//! The texts of faults of streams.
use byte_streams::{ReadError, Stop, WriteFault};
use sample_rows::{Row, assert_rows, is};
use std::alloc::{AllocError, Global};
use std::test::Fail;

const ROWS: &[u8] = b"\
    stop\tinterrupted\t\tinterrupted\n\
    stop\tfailed\t\tfailed\n\
    write\t\t\twrite fault after 7 bytes\n\
    # A fault of the bytes has a text of its own.\n\
    read\tbytes\t\tfailed\n\
    read\tsource\t\tread fault\n\
    read\tmemory\t\tout of memory\n";

fn stop_of(word: &[u8]) -> Stop {
    if word == b"interrupted".as_slice() {
        Stop::Interrupted
    } else {
        Stop::Failed
    }
}

fn read_error_of(word: &[u8]) -> ReadError<Stop> {
    if word == b"bytes".as_slice() {
        ReadError::Fault(Stop::Failed)
    } else if word == b"source".as_slice() {
        ReadError::ReadFault
    } else {
        ReadError::OutOfMemory
    }
}

fn answer(alloc: Global, row: &Row) -> Result<Vec<u8>, AllocError> {
    if is(row, b"stop") {
        let stop = stop_of(&row.one);
        return Ok(format!(in alloc; "{stop}")?.into_bytes());
    }
    if is(row, b"write") {
        let fault = WriteFault(7);
        return Ok(format!(in alloc; "{fault}")?.into_bytes());
    }
    let error = read_error_of(&row.one);
    Ok(format!(in alloc; "{error}")?.into_bytes())
}

#[test]
fn faults_have_texts(rt: HostRuntime) -> Result<(), Fail> {
    assert_rows(rt.alloc(), ROWS, answer)
}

▬▬▬▬▬▬

Problem requirements:
Please write the entries out again exactly as they stand.

Your solution:
//! The texts of faults of streams.
use byte_streams::{ReadError, Stop, WriteFault};
use sample_rows::{Row, assert_rows, is};
use std::alloc::{AllocError, Global};
use std::test::Fail;

const ROWS: &[u8] = b"\
    stop\tinterrupted\t\tinterrupted\n\
    stop\tfailed\t\tfailed\n\
    write\t\t\twrite fault after 7 bytes\n\
    # A fault of the bytes has a text of its own.\n\
    read\tbytes\t\tfailed\n\
    read\tsource\t\tread fault\n\
    read\tmemory\t\tout of memory\n";

fn stop_of(word: &[u8]) -> Stop {
    if word == b"interrupted".as_slice() {
        Stop::Interrupted
    } else {
        Stop::Failed
    }
}

fn read_error_of(word: &[u8]) -> ReadError<Stop> {
    if word == b"bytes".as_slice() {
        ReadError::Fault(Stop::Failed)
    } else if word == b"source".as_slice() {
        ReadError::ReadFault
    } else {
        ReadError::OutOfMemory
    }
}

fn answer(alloc: Global, row: &Row) -> Result<Vec<u8>, AllocError> {
    if is(row, b"stop") {
        let stop = stop_of(&row.one);
        return Ok(format!(in alloc; "{stop}")?.into_bytes());
    }
    if is(row, b"write") {
        let fault = WriteFault(7);
        return Ok(format!(in alloc; "{fault}")?.into_bytes());
    }
    let error = read_error_of(&row.one);
    Ok(format!(in alloc; "{error}")?.into_bytes())
}

#[test]
fn faults_have_texts(rt: HostRuntime) -> Result<(), Fail> {
    assert_rows(rt.alloc(), ROWS, answer)
}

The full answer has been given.